La France, de son côté, « a également investi beaucoup de volonté politique et de temps dans la relation avec l’Inde, bien plus que ses homologues européens », a-t-elle ajouté.

Malgré les divergences sur la guerre en Ukraine et les tensions sur les droits humains en Inde, les démocraties occidentales courtisent M. Modi et l’Inde pour contrer la Chine en Asie.

« L’Inde se trouve au cœur de la stratégie française pour l’Indo-Pacifique.
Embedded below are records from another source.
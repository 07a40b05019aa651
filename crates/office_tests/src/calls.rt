ghost use Rattle.std.specs.Prelude.{◌≡◌, ◌<◌, ◌++◌, [], List, IfOk, IfSome};
ghost use Rattle.clearance_rules.specs.Counters.{IsBlankOf};
ghost use Rattle.snapshot_store.specs.Stores.{store_version_of as postings_of};
ghost use Rattle.trip_analysis.specs.Applications.{Sound};
ghost use Rattle.trip_analysis.specs.Findings.{IsFoundAt};
ghost use Rattle.office_words.specs.declared.entry.Call.{Call};
ghost use Rattle.office_words.specs.declared.entry.Entry.{Entry};
ghost use Rattle.office_core.specs.Machine.{MayAsk};
ghost use Rattle.office_core.specs.Offices.{machine_in};
ghost use Rattle.office_core.specs.Calls.{machine_seen};

use crate::audits::verdict;
use crate::fixtures::{
    About, ONE_WAY, OVER_A_BRIDGE, ROOM_FOR_TWO, SHUT_WAY, WAY_AROUND, base, entries, full_at,
    has_lines, office_about,
};
use clearance_rules::Steps;
use journal_audit::Verdict;
use names::NoMemory;
use notice_desk::Recall;
use office_core::{CountedOffice, Looked, Office, OfficeCalls, OneSeat};
use office_words::{Call, Entry, Reply};
use reroute_desk::recalls;
use snapshot_store::Snapshot;
use std::alloc::Global;
use std::marker::Brand;
use std::process::Abort;
use std::sync::ledger::{Blank, Ledger};
use trip_analysis::{Application, Base, Proposal, analyse};

// Each day is the lines of a journal: the calls that they have are made, and the journal is then these lines. What a submit
// has is found behind the look before it. Each day is gone through twice, once by calls of the office and once by seats.

// An application once more, of which all is there and nothing refuses it.
pub(crate) fn trip(rt: &impl Abort, base: &Base, application: &Application) -> Application
    ensures { Sound base.now result }
{
    assert!(rt; application.is_sound(base));
    application.try_clone().expect(rt, "memory")
}

// A call once more that submits nothing.
pub(crate) fn call_again(rt: &impl Abort, office: &Office, call: &Call) -> Call
    ensures { MayAsk office.now.base (machine_in office.now) result }
{
    match call {
        Call::Snapshot => Call::Snapshot,
        Call::Submit { .. } => rt.abort(),
        Call::Held { application } => Call::Held {
            application: trip(rt, office.base(), application),
        },
        Call::Post { change } => Call::Post { change: *change },
        Call::Day { day } => Call::Day { day: *day },
        Call::Surrender { number } => Call::Surrender { number: *number },
        Call::Show { number } => Call::Show { number: *number },
    }
}

// A call once more. What was found is handed over where it is submitted.
fn call_of(rt: &impl Abort, office: &Office, found: &mut Option<Call>, call: &Call) -> Call
    requires { IfSome found.old (MayAsk office.now.base (machine_in office.now)) }
    ensures found { IfSome found.new (MayAsk office.now.base (machine_in office.now)) }
    ensures asked { MayAsk office.now.base (machine_in office.now) result }
{
    if matches!(call, Call::Submit { .. }) {
        return found.take().expect(rt, "what was found");
    }
    call_again(rt, office, call)
}

// Makes a call of the office, with this counter.
fn step<L: Ledger>(office: &mut Office, caller: u32, call: Call, blank: Blank) -> Reply
    requires counter { IsBlankOf L.name L.parts blank }
    requires caller { caller < 65536 }
    requires asked { MayAsk office.old.base (machine_in office.old) call }
    ensures { (c : Call) → MayAsk office.old.base (machine_in office.old) c
        → MayAsk office.new.base (machine_in office.new) c }
{
    let mut steps = Steps::<L>::new(blank);
    office.step(caller, call, &mut steps)
}

// Makes it by a seat, which is then gone: the office's history is the one that the seat saw.
fn sit<L: Ledger>(office: &mut CountedOffice<L>, caller: u32, call: Call) -> Reply
    requires caller { caller < 65536 }
    requires asked { MayAsk office.old.office.base (machine_in office.old.office) call }
    ensures grown { (more : List Entry) × (office.new.office.history ≡ office.old.office.history ++ more) }
    ensures asked { (c : Call) → MayAsk office.old.office.base (machine_in office.old.office) c
        → MayAsk office.new.office.base (machine_in office.new.office) c }
{
    let mut seat = OneSeat::new(office, caller);
    ask(&mut seat, call)
}

// Makes it by the office that counts its tests.
fn step_counted<L: Ledger>(office: &mut CountedOffice<L>, caller: u32, call: Call) -> Reply
    requires caller { caller < 65536 }
    requires asked { MayAsk office.old.office.base (machine_in office.old.office) call }
    ensures { (c : Call) → MayAsk office.old.office.base (machine_in office.old.office) c
        → MayAsk office.new.office.base (machine_in office.new.office) c }
{
    office.step(caller, call)
}

// Makes it by whatever calls.
fn ask<C: OfficeCalls>(calls: &mut C, call: Call) -> Reply
    requires { MayAsk (C.view calls.old).who.base (machine_seen (C.view calls.old)) call }
    ensures who { (C.view calls.new).who ≡ (C.view calls.old).who }
    ensures seen { (more : List Entry) × ((C.view calls.new).seen ≡ (C.view calls.old).seen ++ more) }
    ensures asked { (c : Call) → MayAsk (C.view calls.old).who.base (machine_seen (C.view calls.old)) c
        → MayAsk (C.view calls.new).who.base (machine_seen (C.view calls.new)) c }
{
    match call {
        Call::Snapshot => look(calls),
        call => calls.ask(call),
    }
}

// Looks by whatever calls.
fn look<C: OfficeCalls>(calls: &mut C) -> Reply
    ensures who { (C.view calls.new).who ≡ (C.view calls.old).who }
    ensures seen { (more : List Entry) × ((C.view calls.new).seen ≡ (C.view calls.old).seen ++ more) }
    ensures asked { (c : Call) → MayAsk (C.view calls.old).who.base (machine_seen (C.view calls.old)) c
        → MayAsk (C.view calls.new).who.base (machine_seen (C.view calls.new)) c }
{
    match calls.snapshot() {
        Looked::At(snapshot) => Reply::SnapshotAt {
            version: snapshot.version(),
        },
        Looked::NoMemory => Reply::NoMemory,
        Looked::Full { entries } => Reply::Full { entries },
    }
}

// Makes a call.
pub(crate) fn answer(office: &mut Office, caller: u32, call: Call) -> Reply
    requires caller { caller < 65536 }
    requires asked { MayAsk office.old.base (machine_in office.old) call }
    ensures { (c : Call) → MayAsk office.old.base (machine_in office.old) c
        → MayAsk office.new.base (machine_in office.new) c }
{
    step::<Brand>(office, caller, call, Blank::new(1))
}

// Makes a call of an office that counts its tests, by a seat or not.
fn answer_counted<L: Ledger>(
    office: &mut CountedOffice<L>,
    caller: u32,
    call: Call,
    by_seat: bool,
) -> Reply
    requires caller { caller < 65536 }
    requires asked { MayAsk office.old.office.base (machine_in office.old.office) call }
    ensures { (c : Call) → MayAsk office.old.office.base (machine_in office.old.office) c
        → MayAsk office.new.office.base (machine_in office.new.office) c }
{
    if by_seat {
        return sit(office, caller, call);
    }
    step_counted(office, caller, call)
}

// The call that submits what is found now for a trip.
#[tactic(auto, using(office_core::proofs::Founds::found_for))]
pub(crate) fn submission(
    rt: &impl Abort,
    alloc: Global,
    office: &Office,
    application: Application,
) -> Call
    requires { Sound office.now.base application }
    ensures { MayAsk office.now.base (machine_in office.now) result }
{
    let snapshot = office.snapshot().expect(rt, "memory");
    let proposal = look_for::<Brand>(alloc, office.base(), &snapshot, &application, Blank::new(1));
    drop(snapshot);
    Call::Submit {
        application,
        proposal: proposal.expect(rt, "memory"),
    }
}

// What is found for an application at a snapshot.
fn look_for<L: Ledger>(
    alloc: Global,
    base: &Base,
    snapshot: &Snapshot,
    application: &Application,
    blank: Blank,
) -> Result<Proposal, NoMemory>
    requires counter { IsBlankOf L.name L.parts blank }
    requires roads { snapshot.now.roads ≡ base.now.roads }
    requires sound { Sound base.now application.now }
    ensures seen { IfOk result (λ proposal. proposal.seen ≡ postings_of snapshot.now) }
    ensures found { IfOk result (λ proposal. IsFoundAt base.now snapshot.now application.now proposal.what) }
{
    let mut steps = Steps::<L>::new(blank);
    analyse(alloc, base, snapshot, application, &mut steps)
}

// What the first submit of these entries has: what is found now for its trip.
fn found_for(rt: &impl Abort, alloc: Global, office: &Office, entries: &[Entry]) -> Option<Call>
    ensures { IfSome result (MayAsk office.now.base (machine_in office.now)) }
{
    for entry in entries {
        if let Call::Submit { application, .. } = &entry.call {
            let application = trip(rt, office.base(), application);
            return Some(submission(rt, alloc, office, application));
        }
    }
    None
}

// Makes the call of an entry, by a seat or not. How many entries the history held, where it was full, and else 0.
fn serve<L: Ledger>(
    rt: &impl Abort,
    office: &mut CountedOffice<L>,
    found: &mut Option<Call>,
    entry: &Entry,
    by_seat: bool,
) -> u32
    requires { IfSome found.old (MayAsk office.old.office.base (machine_in office.old.office)) }
    ensures { IfSome found.new (MayAsk office.new.office.base (machine_in office.new.office)) }
{
    let call = call_of(rt, office.office(), found, &entry.call);
    let reply = answer_counted(office, entry.caller % 65_536, call, by_seat);
    full_at(reply)
}

// Makes the calls of all entries. The sum of what the replies say that a full history held.
fn serve_each<L: Ledger>(
    rt: &impl Abort,
    alloc: Global,
    office: &mut CountedOffice<L>,
    entries: &[Entry],
    by_seat: bool,
) -> u32 {
    let mut full = 0u32;
    let mut found = None;
    'entries: for (i, entry) in entries.iter().enumerate() {
        full = full.wrapping_add(serve(rt, office, &mut found, entry, by_seat));
        if matches!(&entry.call, Call::Snapshot) {
            found = found_for(rt, alloc, office.office(), &entries[i..]);
        }
    }
    full
}
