ghost use Rattle.std.specs.Prelude.{◌≡◌, ◌<◌, ◌↔◌, length, All, IsTrue};
ghost use Rattle.clearance_rules.specs.Counters.{IsBlankOf};
ghost use Rattle.restriction_log.specs.States.{AreOf};
ghost use Rattle.trip_analysis.specs.Applications.{AreAskedThere};
ghost use Rattle.snapshot_store.specs.Stores.{IsLater};
ghost use Rattle.trip_analysis.specs.Followers.{GoesOn};

use crate::fixtures::{
    HEIGHT, Piece, after, base_state, change, day, entries, holds, named, network, same, train,
};
use clearance_rules::{Limit, Load, Steps};
use office_words::{Call, Entry};
use restriction_log::{Change, State};
use road_graph::{Network, Numbers, SharedNumbers};
use snapshot_store::Store;
use span_rating::SpanStudy;
use std::alloc::{AllocError, Global};
use std::marker::Brand;
use std::process::Abort;
use std::sync::ledger::{Blank, Ledger};
use trip_analysis::{
    Application, ApplicationRefusal, Base, Failing, Follower, NodeSet, Proposal, Truck, TruckOn,
    What, asked_findings_are_of_the_routes, find, findings_hold, free_findings_are_of_walks,
    routes_break_off_where_walks_do,
};
use trip_routes::SharedRoutes;

// What was built is let go by a call of `drop`: where a scope lets it go, the proof of the whole function goes through
// its parts.

// Nodes 0, 1 and 2, with two ways from node 0 to node 1: segment 0, and segments 1 and 2 by node 2. On segment 0 are two
// spans of 360 in, which carry twice the HS20-44 truck.
const WAYS: [Piece; 8] = [
    Piece::Node(b"a"),
    Piece::Node(b"b"),
    Piece::Node(b"c"),
    Piece::Segment(b"ab", 0, 1, 1_000),
    Piece::Segment(b"ac", 0, 2, 1_000),
    Piece::Segment(b"cb", 2, 1, 1_000),
    Piece::Span(b"s", 0, 360, 2_000),
    Piece::Span(b"t", 0, 360, 2_000),
];

// Axles within the limits of 23 CFR 658.17: 20,000 lb an axle, 34,000 lb for the tandem of 48 in, and by the formula 45,000 lb
// for the first two axles and 50,000 lb for all three.
const AXLES: [(u32, u32); 3] = [(0, 12_000), (180, 17_000), (228, 17_000)];

// A truck of these axles, 102 in by 720 in.
fn truck(rt: &impl Abort, alloc: Global, name: &[u8], height: u32) -> Truck {
    let train = train(rt, alloc, &AXLES);
    Truck {
        name: named(rt, name),
        carrier: named(rt, b"carrier"),
        load: Load::new(height, 102, 720, train).expect(rt, "a load"),
    }
}

// Roads with truck 0, which at 168 in is higher than 162 in and needs a permit, and truck 1, which is legal.
fn base(rt: &impl Abort, alloc: Global) -> Base {
    let mut fleet = Vec::new(alloc);
    fleet
        .push(truck(rt, alloc, b"high", 168))
        .expect(rt, "memory");
    fleet
        .push(truck(rt, alloc, b"legal", 160))
        .expect(rt, "memory");
    Base::new(network(rt, alloc, &WAYS), fleet)
}

// Whether the segments of a list are there.
fn are_there(network: &Network, list: &[u32]) -> bool
    ensures { IsTrue result ↔ All (λ s. s < length network.now.segments) list.now }
{
    let count = network.segments();
    list.iter().all(|s| *s < count)
}

// The routes that are asked for, along segments that are there.
fn asked_there(
    rt: &impl Abort,
    network: &Network,
    asked: Option<&SharedRoutes>,
) -> Option<SharedRoutes>
    ensures { AreAskedThere network.now result }
{
    let routes = asked?;
    assert!(rt; are_there(network, routes.all()));
    Some(routes.clone().expect(rt, "memory"))
}

// What is answered to these fields of an application, whose truck, nodes and segments are there.
fn refusal(rt: &impl Abort, base: &Base, of: &Application) -> Option<ApplicationRefusal> {
    let (truck, from, to, nodes) = (of.truck(), of.from(), of.to(), base.network().nodes());
    assert!(rt; (truck as usize) < base.fleet().len() && from < nodes && to < nodes);
    let asked = asked_there(rt, base.network(), of.asked());
    Application::new(base, truck, from, to, asked, of.first(), of.last()).err()
}

// The application of an entry.
fn asked_for<'a>(rt: &impl Abort, entry: &'a Entry) -> &'a Application {
    match &entry.call {
        Call::Held { application } => application,
        _ => rt.abort(),
    }
}

// What is answered to applications, or none where they are taken. Where several causes apply, the first is named. The days
// from 2 March 2026 to 2 March 2027 are 365, and those from 28 February 2024 to 28 February 2025 are 366.
const ANSWERS: [(Option<ApplicationRefusal>, &str); 8] = [
    (
        Some(ApplicationRefusal::SamePlace),
        "\
1 held truck 1 from 1 to 1 asked 3 days 2026-03-03 2026-03-02 = nomemory
",
    ),
    (
        Some(ApplicationRefusal::BrokenRoute { route: 0, at: 1 }),
        "\
1 held truck 1 from 1 to 2 asked 2,1 days 2026-03-03 2026-03-02 = nomemory
1 held truck 1 from 1 to 2 asked 2 days 2026-03-02 2026-03-02 = nomemory
",
    ),
    (
        Some(ApplicationRefusal::BrokenRoute { route: 0, at: 0 }),
        "\
1 held truck 1 from 1 to 2 asked 3 days 2026-03-02 2026-03-02 = nomemory
1 held truck 1 from 1 to 2 asked - days 2026-03-02 2026-03-02 = nomemory
",
    ),
    (
        Some(ApplicationRefusal::DayOrder),
        "\
1 held truck 1 from 1 to 2 asked 2,3 days 2026-03-03 2026-03-02 = nomemory
1 held truck 1 from 1 to 2 asked none days 2026-03-03 2026-03-02 = nomemory
1 held truck 1 from 1 to 2 asked 1/2,3 days 2026-03-03 2026-03-02 = nomemory
",
    ),
    (
        None,
        "\
1 held truck 1 from 1 to 2 asked none days 2026-03-02 2026-03-02 = nomemory
1 held truck 1 from 1 to 2 asked 2,3 days 2026-03-02 2026-03-03 = nomemory
1 held truck 1 from 1 to 2 asked 1/2,3 days 2026-03-02 2027-03-02 = nomemory
1 held truck 1 from 1 to 2 asked 1/1 days 2024-02-28 2025-02-27 = nomemory
1 held truck 1 from 1 to 2 asked 1 days 2026-03-02 2027-03-03 = nomemory
1 held truck 1 from 1 to 2 asked none days 2026-03-02 2027-03-03 = nomemory
1 held truck 1 from 1 to 2 asked 1/1/1/1/1/1/1/2,3 days 2026-03-02 2027-03-02 = nomemory
",
    ),
    (
        Some(ApplicationRefusal::BrokenRoute { route: 1, at: 1 }),
        "\
1 held truck 1 from 1 to 2 asked 1/2 days 2026-03-02 2027-03-03 = nomemory
",
    ),
    (
        Some(ApplicationRefusal::BrokenRoute { route: 2, at: 0 }),
        "\
1 held truck 1 from 1 to 2 asked 2,3/1/3/2 days 2026-03-03 2026-03-02 = nomemory
",
    ),
    (
        Some(ApplicationRefusal::AnnualDays { days: 366 }),
        "\
1 held truck 1 from 1 to 2 asked 1/2,3 days 2026-03-02 2027-03-03 = nomemory
1 held truck 1 from 1 to 2 asked 1/1 days 2024-02-28 2025-02-28 = nomemory
",
    ),
];

// Applications that name a truck, a node or a segment that is not there.
const ABSENT: &str = "\
1 held truck 3 from 1 to 2 asked none days 2026-03-02 2026-03-02 = nomemory
1 held truck 1 from 4 to 2 asked none days 2026-03-02 2026-03-02 = nomemory
1 held truck 1 from 1 to 4 asked none days 2026-03-02 2026-03-02 = nomemory
1 held truck 1 from 1 to 2 asked 1/4 days 2026-03-02 2026-03-02 = nomemory
";

// These applications are refused for this cause, or else taken. One of which nothing was tested is sound exactly where it is taken.
fn are_answered(
    rt: &impl Abort,
    base: &Base,
    entries: &[Entry],
    wanted: Option<ApplicationRefusal>,
) {
    for (row, entry) in entries.iter().enumerate() {
        let application = asked_for(rt, entry);
        same(rt, row, refusal(rt, base, application), wanted);
        same(rt, row, application.is_sound(base), wanted.is_none());
    }
}

fn are_absent(rt: &impl Abort, base: &Base, entries: &[Entry]) {
    for (row, entry) in entries.iter().enumerate() {
        same(rt, row, asked_for(rt, entry).is_sound(base), false);
    }
}

fn answer_each(rt: &impl Abort, alloc: Global, base: &Base) {
    for &(wanted, lines) in &ANSWERS {
        let entries = entries(rt, alloc, lines);
        are_answered(rt, base, entries.as_slice(), wanted);
        drop(entries);
    }
    let entries = entries(rt, alloc, ABSENT);
    are_absent(rt, base, entries.as_slice());
    drop(entries);
}

#[test]
fn refuses_an_application_for_its_first_cause(rt: HostRuntime) {
    let base = base(&rt, rt.alloc());
    answer_each(&rt, rt.alloc(), &base);
    drop(base);
}

const KEPT: &str = "1 held truck 2 from 1 to 2 asked 2,3/1 days 2026-03-02 2026-03-05 = nomemory\n";

// Whether these are the fields of the application of the test below.
fn check_fields(rt: &impl Abort, alloc: Global, a: &Application) {
    same(rt, 0, (a.truck(), a.from(), a.to()), (1, 0, 1));
    let asked = routes_told(alloc, a.asked().expect(rt, "routes")).expect(rt, "memory");
    holds(rt, asked.as_str() == "route [1, 2] [0]", "asked");
    drop(asked);
    let days = (a.first(), a.last());
    holds(
        rt,
        days == (day(rt, "2026-03-02"), day(rt, "2026-03-05")),
        "days",
    );
}

// An application and a copy of it.
#[test]
fn keeps_what_is_asked_for(rt: HostRuntime) {
    let entries = entries(&rt, rt.alloc(), KEPT);
    assert!(rt; entries.len() == 1);
    let copy = asked_for(&rt, &entries[0])
        .try_clone()
        .expect(&rt, "memory");
    check_fields(&rt, rt.alloc(), asked_for(&rt, &entries[0]));
    drop(entries);
    check_fields(&rt, rt.alloc(), &copy);
    drop(copy);
}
Sur les questions de sécurité, en particulier de sécurité maritime dans l’océan Indien, de lutte contre le changement climatique et de mise en place d’infrastructures durables, l’Inde constitue un partenaire clé de la France dans l’Indo-Pacifique », a indiqué Mme Mohan.

La France est depuis longtemps l’un des rares États membres de l’UE à disposer de forces navales importantes dans la région, mais le reste de l’UE est pressée d’intensifier ses efforts depuis que le président américain Joe Biden a qualifié la Chine de principale menace pour la sécurité mondiale.

Ces dernières années, l’UE a renforcé sa stratégie visant à accroître sa présence dans la région indopacifique et à contrer l’influence croissante de la Chine dans la région.

« New Delhi et Paris s’accordent également sur leur évaluation des menaces que représente la Chine, en particulier dans le domaine maritime », a déclaré Mme Mohan.

Selon elle, « le récent déplacement du président [Emmanuel] Macron à Pékin a soulevé quelques inquiétudes à New Delhi, mais il existe une profonde confiance politique et une convergence suffisante sur les défis liés à la Chine entre l’Inde et la France pour que [cette situation] ne pose pas de problème majeur ».

Droits humains

Peu d’observateurs s’attendent toutefois à ce que M. Macron soulève des questions relatives aux droits humains avec M. Modi, même si ce n’est pas publiquement.

À la veille de la visite, une résolution du Parlement européen a rappelé le mode de gouvernance controversé de M. Modi ainsi que son programme nationaliste hindou, critiqué dans son pays comme à l’étranger.

La résolution exhorte New Delhi à mettre fin à la violence dans l’État du Manipur, situé dans le nord-est du pays, et à y protéger les minorités.

Les affrontements entre la communauté ethnique meitei, majoritairement hindoue, et la tribu kuki, principalement chrétienne, ont fait au moins 120 morts, 50 000 déplacés et plus de 1 700 maisons détruites, selon le Parlement européen.

La résolution dénonce la « rhétorique nationaliste » du gouvernement local de l’État, dirigé par le parti Bharatiya Janata Party (BJP) de M. Modi.

Depuis sa première victoire électorale écrasante en 2014, M. Modi a également été dénoncé par des groupes de défense des droits pour sa discrimination et sa violence accrues à l’égard des musulmans du pays, ainsi que pour sa répression à l’égard des médias indépendants.

Lors de la fête nationale française, le rôle de Modi a représenté « un affront non seulement pour les communautés minoritaires, les journalistes et les défenseurs des droits humains de l’Inde, mais aussi pour l’Inde en tant que démocratie », a déclaré le négociateur en chef du texte, Pierre Larrouturou.

Cependant, une manifestation organisée contre M. Modi n’a attiré que quelques dizaines de personnes dans le centre de Paris jeudi, selon les médias français.